Memang jika disimak, pada sekitar periode itu sejumlah tokoh Islam Indonesia selepas menunaikan ibadah haji mendirikan berbagai organisasi Islam. Tercatat Samanhudi mendirikan Sarekat Dagang Islam usai ibadah haji pada 1905.
Lantas ada KH Ahmad Dahlan, seusai pulang ibadah haji, mendirikan Muhammadiyah pada 1912. Pada tahun yang sama Oemar Said Tjokroaminoto mendirikan Sarekat juga selepas kembali dari ibadah haji. Ada pula KH Hasyim Asy’ari usai ibadah haji mendirikan Nahdlatul Ulama pada 1926.
Jadi, oleh pemerintah penjajah Belanda, gelar haji lebih merujuk kepada orang-orang yang telah naik haji dan patut diawasi lantaran semangat nasionalismenya.

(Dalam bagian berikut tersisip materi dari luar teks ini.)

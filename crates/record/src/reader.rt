// The record's reader.
ghost use Rattle.std.specs.Prelude.{◌≡◌, ◌<◌, ◌≤◌};
ghost use Rattle.record.specs.Grammar.{Bytes};
ghost use Rattle.record.specs.Reader.{turn_entry};
ghost use Rattle.record.specs.Refusal.{check_reply};
ghost use Rattle.record.specs.Verdict.{Verdict};

use crate::look::{Look, head_right, look_at, version};
use crate::refusal::Refusal;
use crate::scan::{
    Scan, feed_failed, feed_out, feed_setup, kept_items, may_end, run_on, starts_out,
};

// How far the reader has come: the next entry's position, what may come, the entries of the last item, and the items begun that didn't fail.
#[derive(Clone, Copy)]
pub struct Progress {
    pub at: usize,
    pub scan: Scan,
    pub run: usize,
    pub count: usize,
}

impl Progress {
    // After one more entry.
    fn take(self, two: bool, entry: Look) -> Result<Progress, Refusal>
        requires { (self.at < 0x8000_0000_0000_0000) × (self.count ≤ self.at) × (self.run ≤ self.at) }
        ensures { result ≡ turn_entry two entry self }
    {
        let (next, length, run, count) = match entry {
            Look::Setup(a, w) => (feed_setup(self.scan, a, w), 10, 1, self.count + 1),
            Look::Out(x) => {
                let begun = starts_out(self.scan, x.endpoint);
                (
                    feed_out(self.scan, x),
                    6 + x.length as usize,
                    run_on(begun, self.run),
                    self.count + begun,
                )
            }
            Look::Failed(_) if !two => return Err(Refusal::Field),
            Look::Failed(n) => {
                let m = n as usize;
                (
                    feed_failed(self.scan, self.run, m),
                    5,
                    0,
                    kept_items(m, self.count),
                )
            }
        };
        let scan = next.ok_or(Refusal::Grammar)?;
        Ok(Progress {
            at: self.at + length,
            scan,
            run,
            count,
        })
    }
}

// The number for which a record is refused, or the count of its transfers: what its bytes deserve, in the grammar's terms.
pub fn check(s: &[u8]) -> Result<usize, Refusal>
    ensures { Bytes s.now → Verdict s.now (check_reply result) }
{
    if !head_right(s) {
        return Err(Refusal::Mark);
    }
    let two = version(s) == 2;
    let mut p = Progress {
        at: 5,
        scan: Scan::Between,
        run: 0,
        count: 0,
    };
    // An entry's length tells the next position.
    while let Some(entry) = look_at(s, p.at)? {
        p = p.take(two, entry)?;
    }
    if !may_end(p.scan) {
        return Err(Refusal::Grammar);
    }
    Ok(p.count)
}
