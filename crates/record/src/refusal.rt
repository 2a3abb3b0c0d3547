// Why the record's writer or reader refuses, and document 01's number for it.
ghost use Rattle.std.specs.Prelude.{◌≡◌};
ghost use Rattle.record.specs.Refusal.{number_of};

#[derive(Clone, Copy)]
pub enum Refusal {
    LentMemory,
    Mark,
    Field,
    Grammar,
    Room,
}

impl From<Refusal> for u8 {
    ghost from_gives = { λ why n. n ≡ number_of why };

    fn from(why: Refusal) -> u8 {
        match why {
            Refusal::LentMemory => 15,
            Refusal::Mark => 18,
            Refusal::Field => 19,
            Refusal::Grammar => 20,
            Refusal::Room => 21,
        }
    }
}
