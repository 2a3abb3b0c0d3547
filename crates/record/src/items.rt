// A record's items, at a cursor or one after another.
ghost use Rattle.std.specs.Prelude.{◌≡◌, ℕ, ◌-◌, ◌≤◌, length, Some};
ghost use Rattle.std.specs.Iterator.{at_most};
ghost use Rattle.record.specs.Items.{first_at, next_of, group_of, group_at_of, sent_at, failed_at, item_at};

use crate::look::{Look, look_at};

// The position of an item, or the end.
#[derive(Clone, Copy)]
pub struct Cursor {
    pub at: usize,
}

// A control: address, position of its 8 SETUP bytes, count of its OUT bytes.
#[derive(Clone, Copy)]
pub struct ControlItem {
    pub address: u8,
    pub setup: usize,
    pub count: usize,
    pub next: Cursor,
}

// A bulk group: address, endpoint, first PID, count of its bytes.
#[derive(Clone, Copy)]
pub struct BulkItem {
    pub address: u8,
    pub endpoint: u8,
    pub pid: bool,
    pub count: usize,
    pub next: Cursor,
}

// What stands at a cursor: an item, or the cursor after one that failed.
#[derive(Clone, Copy)]
pub enum ItemAnswer {
    Control(ControlItem),
    Bulk(BulkItem),
    Failed(Cursor),
}

// The position after packets, and the count of their bytes.
#[derive(Clone, Copy)]
pub struct Span {
    pub at: usize,
    pub count: usize,
}

// The packets from a position on, up to a marked one. An entry's length tells the next position.
#[tactic(auto, using(crate::proofs::Spans::walk_start))]
fn group_at(s: &[u8], at: usize) -> Span
    requires { at ≤ length s.now }
    ensures { result ≡ group_at_of s.now at }
{
    let mut p = Span { at, count: 0 };
    while let Ok(Some(Look::Out(x))) = look_at(s, p.at) {
        let n = x.length as usize;
        p = Span {
            at: p.at + (6 + n),
            count: p.count + n,
        };
        if x.last {
            break;
        }
    }
    p
}

// What follows a SETUP on endpoint 0.
#[tactic(auto, unfolding(crate::specs::Items::sent_at))]
fn sent_at(s: &[u8], at: usize) -> Span
    requires { at ≤ length s.now }
    ensures { result ≡ sent_at s.now at }
{
    match look_at(s, at) {
        Ok(Some(Look::Out(x))) if x.endpoint == 0 => group_at(s, at),
        _ => Span { at, count: 0 },
    }
}

// A count above 0 stands here: the item before it failed.
#[tactic(auto, unfolding(crate::specs::Items::failed_at))]
fn failed_at(s: &[u8], at: usize) -> bool
    ensures { result ≡ failed_at s.now at }
{
    matches!(look_at(s, at), Ok(Some(Look::Failed(m))) if m != 0)
}

// The first item's cursor.
pub fn first() -> Cursor
    ensures { result.at ≡ first_at }
{
    Cursor { at: 5 }
}

// The item at a cursor, with the next cursor; of one that failed only the next cursor. `Accepted` names both.
#[tactic(auto, using(crate::proofs::Looking::setup_at, crate::proofs::Looking::out_at, crate::proofs::Looking::failed_at, crate::proofs::Spans::failed_room), unfolding(crate::specs::Items::item_at))]
pub fn item(s: &[u8], cursor: Cursor) -> Option<ItemAnswer>
    ensures { result ≡ item_at s.now cursor.at }
{
    let at = cursor.at;
    let (found, after) = match look_at(s, at) {
        Ok(Some(Look::Setup(address, _))) => {
            let sent = sent_at(s, at + 10);
            let next = Cursor { at: sent.at };
            let control = ControlItem {
                address,
                setup: at + 2,
                count: sent.count,
                next,
            };
            (ItemAnswer::Control(control), sent.at)
        }
        Ok(Some(Look::Out(x))) => {
            let sent = group_at(s, at);
            let bulk = BulkItem {
                address: x.address,
                endpoint: x.endpoint,
                pid: x.pid,
                count: sent.count,
                next: Cursor { at: sent.at },
            };
            (ItemAnswer::Bulk(bulk), sent.at)
        }
        Ok(Some(Look::Failed(_))) => return Some(ItemAnswer::Failed(Cursor { at: at + 5 })),
        _ => return None,
    };
    if failed_at(s, after) {
        return Some(ItemAnswer::Failed(Cursor { at: after + 5 }));
    }
    Some(found)
}

impl ItemAnswer {
    // The cursor after it.
    fn after(self) -> Cursor
        ensures { (at : ℕ) → result.at ≡ next_of (Some self) at }
    {
        match self {
            ItemAnswer::Control(c) => c.next,
            ItemAnswer::Bulk(b) => b.next,
            ItemAnswer::Failed(next) => next,
        }
    }
}

// A record's items one after another, up to the end.
#[derive(Drop)]
pub struct Items<'a> {
    bytes: &'a [u8],
    cursor: Cursor,
}

impl<'a> Items<'a> {
    pub fn new(bytes: &'a [u8]) -> Items<'a>
        ensures { (result.bytes.now ≡ bytes.now) × (result.cursor.at ≡ first_at) }
    {
        Items {
            bytes,
            cursor: first(),
        }
    }
}

impl<'a> Iterator for Items<'a> {
    type Item = ItemAnswer;

    ghost next_gives = { λ i found j. (found ≡ item_at i.bytes.now i.cursor.at) × (j.cursor.at ≡ next_of found i.cursor.at) × (j.bytes.now ≡ i.bytes.now) };

    ghost remaining = { λ i. at_most (length i.bytes.now - i.cursor.at) };

    #[tactic(auto, using(crate::proofs::Spans::item_further))]
    fn next(&mut self) -> Option<ItemAnswer> {
        let found = item(self.bytes, self.cursor)?;
        self.cursor = found.after();
        Some(found)
    }
}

Teori ketiga menjelaskan, dulu naik haji tidaklah sesederhana kiwari. Selain lama dan harus berpisah dengan keluarga, mereka juga seperti mempertaruhkan nyawa.

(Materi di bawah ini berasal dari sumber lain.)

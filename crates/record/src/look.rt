// One entry of a record's bytes.
ghost use Rattle.std.specs.Prelude.{◌≡◌, length, drop};
ghost use Rattle.record.specs.Reader.{version_at, head_right, look_setup, fields_fit, look_out, look_failed, look};

use crate::refusal::Refusal;

// An OUT entry without its bytes.
#[derive(Clone, Copy)]
pub struct OutHead {
    pub address: u8,
    pub endpoint: u8,
    pub pid: bool,
    pub last: bool,
    pub length: u8,
}

// An entry: a SETUP with address and wLength, an OUT packet, or a failed transfer's count.
#[derive(Clone, Copy)]
pub enum Look {
    Setup(u8, u16),
    Out(OutHead),
    Failed(u32),
}

#[tactic(auto, unfolding(crate::specs::Reader::head_right))]
pub(crate) fn head_right(s: &[u8]) -> bool
    ensures { result ≡ head_right s.now }
{
    match s {
        [b'W', b'L', b'G', low, high, ..] => {
            let version = u16::from_le_bytes([*low, *high]);
            version == 1 || version == 2
        }
        _ => false,
    }
}

// The version of a record's head; 0 where there is none: `Accepted` says which number it is.
#[tactic(auto, unfolding(crate::specs::Reader::version_at))]
pub fn version(s: &[u8]) -> u16
    ensures { result ≡ version_at s.now }
{
    match s {
        [_, _, _, low, high, ..] => u16::from_le_bytes([*low, *high]),
        _ => 0,
    }
}

#[tactic(auto, unfolding(crate::specs::Reader::look_setup))]
fn look_setup(rest: &[u8]) -> Result<Option<Look>, Refusal>
    ensures { result ≡ look_setup rest.now }
{
    match rest {
        [_, address, _, _, _, _, _, _, low, high, ..] if *address <= 127 => Ok(Some(Look::Setup(
            *address,
            u16::from_le_bytes([*low, *high]),
        ))),
        _ => Err(Refusal::Field),
    }
}

#[tactic(auto, unfolding(crate::specs::Reader::fields_fit))]
fn fields_fit(address: u8, endpoint: u8, pid: u8, last: u8, length: u8) -> bool
    ensures { result ≡ fields_fit address endpoint pid last length }
{
    address <= 127 && endpoint <= 15 && pid <= 1 && last <= 1 && length <= 64
}

#[tactic(auto, unfolding(crate::specs::Reader::look_out))]
fn look_out(rest: &[u8]) -> Result<Option<Look>, Refusal>
    ensures { result ≡ look_out rest.now }
{
    let [_, address, endpoint, pid, last, length, bytes @ ..] = rest else {
        return Err(Refusal::Field);
    };
    if !fields_fit(*address, *endpoint, *pid, *last, *length) || bytes.len() < *length as usize {
        return Err(Refusal::Field);
    }
    Ok(Some(Look::Out(OutHead {
        address: *address,
        endpoint: *endpoint,
        pid: *pid == 1,
        last: *last == 1,
        length: *length,
    })))
}

// 0x58 and 32 bits.
#[tactic(auto, unfolding(crate::specs::Reader::look_failed))]
fn look_failed(rest: &[u8]) -> Result<Option<Look>, Refusal>
    ensures { result ≡ look_failed rest.now }
{
    match rest {
        [_, a, b, c, d, ..] => Ok(Some(Look::Failed(u32::from_le_bytes([*a, *b, *c, *d])))),
        _ => Err(Refusal::Field),
    }
}

// The entry at a position, or `None` at the end.
#[tactic(auto, unfolding(crate::specs::Reader::look))]
pub fn look_at(s: &[u8], at: usize) -> Result<Option<Look>, Refusal>
    ensures { result ≡ look (drop at s.now) }
{
    if s.len() <= at {
        return Ok(None);
    }
    let rest = &s[at..];
    match rest[0] {
        0x53 => look_setup(rest),
        0x4F => look_out(rest),
        0x58 => look_failed(rest),
        _ => Err(Refusal::Field),
    }
}
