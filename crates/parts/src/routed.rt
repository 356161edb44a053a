// The route of a part out of the old route's table: no new planning.
ghost use Rattle.parts.specs.Routed.{RoutedAnswer};

use crate::keep::keep_wires;
use crate::stays::Part;
use jumper::refusal::Refusal;
use route::checking::check_route;

// The old table without the wires of the pairs that are dropped: refusals 1 to 7 as for `still_fits`, BUFFER if the table or the lent places are too few, then
// BADWIRE as the checker says of the old table.
pub fn part_route(
    a: &[i32],
    b: &[i32],
    stays: &[u8],
    s: usize,
    d: i32,
    table: &[i32],
    out: &mut [i32],
) -> Result<(), Refusal>
    ensures { RoutedAnswer a.now b.now stays.now s d table.now out.old out.new result }
{
    let part = Part::check(a, b, stays, s, d)?;
    if out.len() < part.places() {
        return Err(Refusal::Buffer);
    }
    check_route(a, b, s, d, table)?;
    keep_wires(part, table, out);
    Ok(())
}
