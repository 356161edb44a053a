// Floor 6: a catalog jumper with some of its pads left bare (02, #113). Whether its old record still serves the part, and the part's route out of the old one.
#![tactic(auto)]

mod keep;
pub mod routed;
mod stays;
pub mod still;
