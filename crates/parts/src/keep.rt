// What stays of a row of pads, and of a table of wires, written into memory.
ghost use Rattle.std.specs.Prelude.{◌≡◌, ◌+◌, ◌*◌, ◌≤◌, length};
ghost use Rattle.wiring.specs.Wiring.{pad};
ghost use Rattle.route.specs.Table.{columns};
ghost use Rattle.parts.specs.Stays.{row_kept};
ghost use Rattle.parts.specs.Routed.{places_kept, part_written};

use crate::stays::Part;

// The pads of a row that stay, side by side in the first places. Every pad is stored and only one that stays moves the place on, which takes no branch: so what
// stands beyond them is left open, in memory that is ours. The row is read by the byte's number: zipped with the bytes it takes a twentieth longer.
pub(crate) fn keep_pads<'a>(row: &[i32], stays: &[u8], out: &'a mut [i32]) -> &'a [i32]
    requires { (length stays.now ≤ length row.now) × (length stays.now ≤ length out.old) }
    ensures { result.now ≡ row_kept stays.now row.now }
{
    let mut at = 0;
    for (k, &stay) in stays.iter().enumerate() {
        out[at] = row[k];
        at += usize::from(stay != 0);
    }
    &out[..at]
}

// The columns of a table from place `from` on, as many as there is room for. `copy_from_slice` calls the library's move of memory: for the few columns that most
// wires have the call costs more than the columns, and whoever links the archive for C has to bring that name.
fn copy(table: &[i32], from: usize, out: &mut [i32])
    requires { from + length out.old ≤ length table.now }
    ensures { out.new ≡ columns (λ t. pad table.now (from + t)) (length out.old) }
{
    for (t, place) in out.iter_mut().enumerate() {
        *place = table[from + t];
    }
}

// The wires of a table that stay, wire after wire, each with its s + 1 columns.
pub(crate) fn keep_wires(part: Part<'_>, table: &[i32], out: &mut [i32])
    requires { (length part.stays.now * (part.question.separation + 1) ≤ length table.now)
        × (places_kept part.stays.now part.question.separation ≤ length out.old) }
    ensures { out.new ≡ part_written part.entry.stays.now part.entry.question.separation table.now out.old }
{
    let wire_places = part.question.separation + 1;
    let mut place = 0;
    for (pair, &stay) in part.stays.iter().enumerate() {
        if stay != 0 {
            copy(
                table,
                pair * wire_places,
                &mut out[place..place + wire_places],
            );
            place += wire_places;
        }
    }
}
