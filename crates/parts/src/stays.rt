// Which pairs stay: a lent row of bytes, one a pair, 0 for a pair that is dropped and anything else for one that stays. And the checks of a part.
ghost use Rattle.std.specs.Prelude.{◌≡◌, Err, IfOk, IfErr, eqb, length};
ghost use Rattle.parts.specs.Stays.{kept, check_part, AskedPart};
ghost use Rattle.parts.specs.Routed.{places_kept};

use jumper::asked::Question;
use jumper::refusal::Refusal;

// How many pairs stay: counted without a branch, so that many bytes are looked at at a time.
#[tactic(auto, using(crate::proofs::Keeping::kept_none, crate::proofs::Keeping::kept_few, crate::proofs::Keeping::kept_more))]
fn pairs_kept(stays: &[u8]) -> usize
    ensures { result ≡ length (kept stays.now) }
{
    let mut kept = 0;
    for &stay in stays {
        kept += usize::from(stay != 0);
    }
    kept
}

// Whether no pair stays. It stops at the first that does, where counting them would read all bytes.
fn none_stays(stays: &[u8]) -> bool
    ensures { result ≡ eqb (length (kept stays.now)) 0 }
{
    stays.iter().all(|&stay| stay == 0)
}

// An accepted question with a byte for each pair, of which one at least stays. Only `check` makes it.
#[derive(Clone, Copy)]
pub(crate) struct Part<'a> {
    pub question: Question<'a>,
    pub stays: &'a [u8],
    ghost asked: { AskedPart question.rows.bottom.now question.rows.top.now stays.now question.separation question.offset },
}

impl<'a> Part<'a> {
    // Refusals 1 to 7, by number: UNEQUAL and EMPTY speak of the bytes too, all others of the whole rows.
    pub(crate) fn check(
        a: &'a [i32],
        b: &'a [i32],
        stays: &'a [u8],
        s: usize,
        d: i32,
    ) -> Result<Part<'a>, Refusal>
        ensures ok { IfOk result (λ p. (p.question.rows.bottom.now ≡ a.now) × (p.question.rows.top.now ≡ b.now)
            × (p.stays.now ≡ stays.now) × (p.question.separation ≡ s) × (p.question.offset ≡ d)) }
        ensures err { IfErr result (λ r. check_part a.now b.now stays.now s d ≡ Err r) }
    {
        if a.len() != b.len() || a.len() != stays.len() {
            return Err(Refusal::Unequal);
        }
        if none_stays(stays) {
            return Err(Refusal::Empty);
        }
        let question = Question::check(a, b, s, d)?;
        Ok(Part { question, stays })
    }

    // How many places the part's route takes, of all its wires.
    pub(crate) fn places(self) -> usize
        ensures { result ≡ places_kept self.entry.stays.now self.entry.question.separation }
    {
        pairs_kept(self.stays) * (self.question.separation + 1)
    }
}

Tak hanya berbulan -bulan, mereka sampai dua tiga tahun baru dapat kembali dari menunaikan ibadah haji. Mereka harus pula menembus gelombang ombak yang besar dan berbagai kesulitan lainnya, termasuk mengeluarkan dana yang besar.
Banyak yang melaksanakan ibadah haji sambil belajar atau bekerja di rantau. Mereka juga berinteraksi dengan warga bangsa-bangsa lain yang kebetulan juga sedang menunaikan ibadah haji, secara intens disana.
Kalau kemudian jika sakit dan meninggal saat melaksanakan rukun haji, beritanya waktu itu, sampai ke tanah air masih simpang siur karena komunikasi masih sulit dan orang yang kembali dari haji juga lama. Tak heran, orang yang dulu naik haji, terkadang tidak pulang lagi dan hilang begitu saja.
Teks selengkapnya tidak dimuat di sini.